El “recupero del IVA de exportación”, es un dolor de cabeza para los exportadores en general y para las PYMES en particular, con los consiguientes perjuicios económicos generados por las demoras en obtener la conformidad de su devolución y pago. Perjuicios que llegan a eliminar el margen de rentabilidad de las exportaciones, sean estas de productos agropecuarios u otros bienes y servicios.
Pongamos como ejemplo la exportación de granos. El exportador compra el grano pagando el 10,5% de IVA (5,5% que le abona al productor y el 5% que le retiene y abona al fisco). Después, al recibir el grano en el puerto, abona fletes, gastos de entrega, almacenaje, elevación y servicios de embarque, con una tasa del 21% de IVA.
Esta suma de Impuesto al Valor Agregado que debe abonar es mucho más grande que el margen que deja el negocio, al que debe deducirse el costo financiero por pagar el impuesto. Por lo tanto, cuanto más demora el Estado en devolverle el IVA más oneroso resultan estos cargos financieros y puede llegar a perder plata por exportar.

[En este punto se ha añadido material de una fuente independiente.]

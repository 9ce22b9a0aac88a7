// Whether a right field of a tag stands at a place of a sheet, judged by itself and its time put aside: one look at its bytes, and no field is made.
// What a field that is not right earns, `field_reader` and `admit` say. Hosts don't call it.
#![tactic(auto, unfolding(crate::specs::laws::Right::untimed))]

ghost use Rattle.std.specs.Prelude.{◌≡◌, ◌≤◌, length};
ghost use Rattle.field.specs.Layout.{length_of, header_by, previous_of, trade_of, quote_of, field_of};
ghost use Rattle.right_field.specs.laws.Right.{values_right, right_at};

use field::judge::{
    both_sides_right, by_itself, judge_header, judge_previous, judge_quote, judge_trade,
};
use field::layout::{size_of, stands};
use field::{Form, layout};
use raw_reader::price_at;
use wire::join2;

// The values of a body earn no number, by its tag. They are judged as numbers: where `field_of` makes a field of them first, a sheet takes 1.2 times as
// long to judge.
fn header_values(body: &[u8], form: Form) -> bool
    requires { 3 ≤ length body.now }
    ensures { result ≡ values_right (header_by form body.now) }
{
    judge_header(body[0], join2(body[1], body[2]), form).is_ok()
}

fn previous_values(body: &[u8]) -> bool
    requires { length body.now ≡ 5 }
    ensures { result ≡ values_right (previous_of body.now) }
{
    judge_previous(by_itself(), body[0], price_at(body, 1)).is_ok()
}

fn trade_values(body: &[u8]) -> bool
    requires { length body.now ≡ 11 }
    ensures { result ≡ values_right (trade_of body.now) }
{
    let price = price_at(body, 5);
    let lots = join2(body[9], body[10]);
    judge_trade(by_itself(), 0, body[4], price, lots).is_ok()
}

// Most quotes have both sides, and need fewer comparisons.
fn quote_values(body: &[u8]) -> bool
    requires { length body.now ≡ 14 }
    ensures { result ≡ values_right (quote_of body.now) }
{
    let instrument = body[4];
    let sides = body[5];
    let bid = price_at(body, 6);
    let offer = price_at(body, 10);
    if sides == 3 {
        both_sides_right(instrument, bid, offer)
    } else {
        judge_quote(by_itself(), 0, instrument, sides, bid, offer).is_ok()
    }
}

// The values of the body of a field of the tag earn no number.
#[tactic(auto, using(crate::specs::laws::Right::no_tag), unfolding(field::specs::Layout::field_of, field::specs::Judging::judge, crate::specs::laws::Right::untimed))]
fn body_values<const TAG: u8>(body: &[u8]) -> bool
    requires { length body.now ≡ length_of TAG }
    ensures { result ≡ values_right (field_of TAG body.now) }
{
    match TAG {
        layout::HEADER => header_values(body, Form::Short),
        layout::PREVIOUS_CLOSE => previous_values(body),
        layout::TRADE => trade_values(body),
        layout::QUOTE => quote_values(body),
        layout::END => true,
        layout::LONG_HEADER => header_values(body, Form::Long(body[3])),
        _ => false,
    }
}

// A right field of the tag stands at the place. The tag is known when a program is compiled, so that each has its own tests and no others.
#[tactic(auto, unfolding(field::specs::laws::Standing::stands, field::specs::Judging::both))]
pub fn right_at<const TAG: u8>(sheet: &[u8], at: usize) -> bool
    ensures { result ≡ right_at sheet.now at TAG }
{
    stands(sheet, at, TAG) && body_values::<TAG>(&sheet[at + 3..at + size_of(TAG)])
}
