ghost use Rattle.std.specs.Prelude.{◌≡◌, map};
ghost use Rattle.zk_state_snapshot.specs.StateSnapshots.{digest_of, placed};

use zk_mend::node_digest;
use zk_tree::Entry;

/// The digest of the tree of these nodes.
pub(crate) fn digest_of(entries: &[Entry<'_>]) -> u64
    ensures { result ≡ digest_of (map placed entries.now) }
{
    let mut sum = 0u64;
    for entry in entries {
        let one = node_digest(entry.path.text(), entry.node, entry.node.owner);
        sum = sum.wrapping_add(u64::from(one));
    }
    sum
}
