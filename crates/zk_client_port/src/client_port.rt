ghost use Rattle.std.specs.Prelude.{◌≡◌, ◌<◌, ◌⊎◌, [], length, map, nat_eq, if◌then◌else◌, IfOk, OnOk, OnErr};
ghost use Rattle.std.specs.List.{list_any};
ghost use Rattle.std.specs.Ordering.{int_eq};
ghost use Rattle.zk_client_port.specs.Ports.{all_detached, closed_if, cut_off_if, is_among, is_selected, numbers_over, without_over, without_requests};
ghost use Rattle.zk_client_port.specs.declared.client_port.Selection.TheVariants as selections;
ghost use Rattle.zk_client_port.specs.Asking.{FailsAsking, HasAsked};
ghost use Rattle.zk_client_port.specs.Serving.{Breaks, KeepsTree};
ghost use Rattle.zk_client_port.specs.Turns.{clients, cut_off_with, server, synced, written, FailsAtPlace, FailsToServe, ServesFirst, ServesPlace, TakesSyncs, Turns, WritesReleased};
ghost use Rattle.zk_client_port.specs.Sessions.{after_ends};
ghost use Rattle.zk_hub.specs.Deliveries.{left_after, outputs_of};
ghost use Rattle.zk_model.specs.Ensembles.{profile_by};
ghost use Rattle.zab_epoch.specs.declared.stable.Stable.{Stable};
ghost use Rattle.zab_host.specs.Durability.{IsPartialStore};
ghost use Rattle.zab_host.specs.Hosts.{IsStored};

use crate::admission::Admission;
use crate::execution::Moment;
use crate::expected::Expected;
use crate::fault::ServeFault;
use crate::outputs::{PortOutput, write_outputs};
use crate::turn::serve;
use std::alloc::Global;
use std::mem::replace;
use zab_broadcast::CaughtSyncs;
use zab_epoch::{Messages, Quorums};
use zab_host::Storage;
use zk_connections::{ClientSessions, Connection};
use zk_host::{ReleaseFault, ReplicaHost};
use zk_hub::{Hub, News, Outcome, release};
use zk_path::NoMemory;
use zk_requests::Call;
use zk_watch::Fired;

/// A server's connections, and their outstanding requests.
pub struct ClientPort {
    pub connections: Vec<Connection>,
    hub: Hub<Expected, Outcome>,
}

impl Drop for ClientPort {
    fn drop(self) {
        let ClientPort {
            connections: _,
            hub: _,
        } = self;
    }
}

/// Connections of a server.
#[derive(Clone, Copy, Debug, PartialEq, Eq)]
pub enum Selection {
    /// The one with a number, if it is one of the server's.
    Number(u64),
    /// Those that have a session, or have asked for one.
    Served,
    All,
}

impl Selection {
    fn has(&self, connection: &Connection) -> bool
        ensures { result ≡ is_selected self.now connection.now }
    {
        match self {
            Selection::Number(number) => connection.number() == *number,
            Selection::Served => !connection.is_new(),
            Selection::All => true,
        }
    }
}

/// What a turn of a server gives.
pub struct Turned {
    /// For the other servers.
    pub messages: Messages<Call>,
    /// The connections, maybe of other servers, whose session another connection has got.
    pub displaced: Vec<u64>,
    /// The sessions that have ended.
    pub closed: Vec<i64>,
}

impl Drop for Turned {
    fn drop(self) {
        let Turned {
            messages: _,
            displaced: _,
            closed: _,
        } = self;
    }
}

Ingresando en la página web del ARCA, el recupero pareciera ser muy sencillo. Hay que presentar ante la dependencia donde se realiza el reclamo: la constancia de transmisión electrónica del Formulario 1016; el formulario de declaración jurada No.404, generado por el programa aplicativo y un informe especial extendido por Contador Público Independiente. Sin entrar a discutir la necesidad y los costos de este último requisito, como indica la página, luego se procede según la Resolución General 2000/2006, artículo 13.
Analizando ese marco normativo, vemos que el trámite se divide en cuatro pasos:
- a) El exportador puede hacer una sola presentación de recupero por mes de exportación y la misma debe ser hecha recién a partir de un día determinado del mes siguiente, una vez presentada la declaración jurada del IVA correspondiente a dicho mes (por lo general es a partir del día 20).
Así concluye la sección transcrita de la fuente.